YOUR GOAL -> Look through the records, and wherever the string "FirstPart" turns up, copy out that line.

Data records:
####

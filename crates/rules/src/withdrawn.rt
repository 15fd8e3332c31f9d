// What a withdrawal leaves.
ghost use Rattle.rules.specs.laws.Withdrawals.{TicketsStandOnce, OnePlaceIsFree, WaitingHasNotBegun, NotBegunWaits};

/// A ticket stands once on a station, so that its withdrawal frees one place; and a ticket that is held waits exactly where it has not begun.
#[tactic(auto, using(crate::proofs::Distinct::site_distinct, crate::proofs::Withdrawing::place_free, crate::proofs::Withdrawing::waits_not_begun, crate::proofs::Withdrawing::held_waits))]
pub fn withdrawals()
    ensures once { TicketsStandOnce }
    ensures place_free { OnePlaceIsFree }
    ensures waiting { WaitingHasNotBegun }
    ensures not_begun { NotBegunWaits }
{}
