// The parts of a text between separators.
ghost use Rattle.std.specs.Prelude.{◌≡◌, [], ◌∷◌, MatchOption};
ghost use Rattle.text.specs.Parts.{split, FirstPart};

// The first part of a text, and what stands behind its separator; none where no separator is left. A request of a block ends so at a
// line feed.
pub fn split_once(bytes: &[u8], separator: u8) -> Option<(&[u8], &[u8])>
    ensures { MatchOption result (split separator bytes.now ≡ bytes.now ∷ []) (λ p. FirstPart separator bytes.now p.0.now p.1.now) }
{
    let end = bytes.iter().position(|byte| *byte == separator)?;
    Some((&bytes[..end], &bytes[end + 1..]))
}
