// What holds of every station.
ghost use Rattle.rules.specs.laws.Soundness.{SoundPlansAreSoundInEveryMinute, SoundMinutesMakeASoundPlan};
ghost use Rattle.rules.specs.laws.Sites.{SeenIsOwn, OwnIsSeen, EveryFeederSeesTheSite};
ghost use Rattle.rules.specs.laws.Stations.{OpeningsAreValid, StepsAreValid};
ghost use Rattle.rules.specs.laws.Stations.{NoHeldTimeReachesAHundredMillion, LastMinuteHasACeiling, LatenessFits64Bits};

/// Every opening leads to a valid station, and every call leaves it valid.
#[tactic(auto, using(crate::proofs::Validity::opening_valid, crate::proofs::Validity::step_valid))]
pub fn stations_valid()
    ensures opening { OpeningsAreValid }
    ensures step { StepsAreValid }
{}

/// No held time of a valid station reaches 100,000,000, nothing is drawn after minute 95,698,080, and the lateness of a feeder fits 64 bits.
#[tactic(auto, using(crate::proofs::HeldTimes::held_times, crate::proofs::HeldTimes::last_ceiling, crate::proofs::HeldTimes::lateness_fits))]
pub fn held_times()
    ensures times { NoHeldTimeReachesAHundredMillion }
    ensures last { LastMinuteHasACeiling }
    ensures lateness { LatenessFits64Bits }
{}

/// A plan is sound exactly where every minute from the clock on is, with no upper end.
#[tactic(auto, using(crate::proofs::Counts::sound_from_lem, crate::proofs::Counts::sound_true))]
pub fn sound_plans()
    ensures every_minute { SoundPlansAreSoundInEveryMinute }
    ensures whole { SoundMinutesMakeASoundPlan }
{}

/// A feeder keeps limit and bound by its own charges, and the site limit by those of all feeders, whichever of them looks.
#[tactic(auto, using(crate::proofs::Sites::seen_own, crate::proofs::Sites::own_seen, crate::proofs::Sites::whole_seen))]
pub fn feeders_seen()
    ensures own { SeenIsOwn }
    ensures seen { OwnIsSeen }
    ensures whole { EveryFeederSeesTheSite }
{}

####

YOUR RESPONSE ->
ghost use Rattle.text.specs.Parts.{split, FirstPart};
    ensures { MatchOption result (split separator bytes.now ≡ bytes.now ∷ []) (λ p. FirstPart separator bytes.now p.0.now p.1.now) }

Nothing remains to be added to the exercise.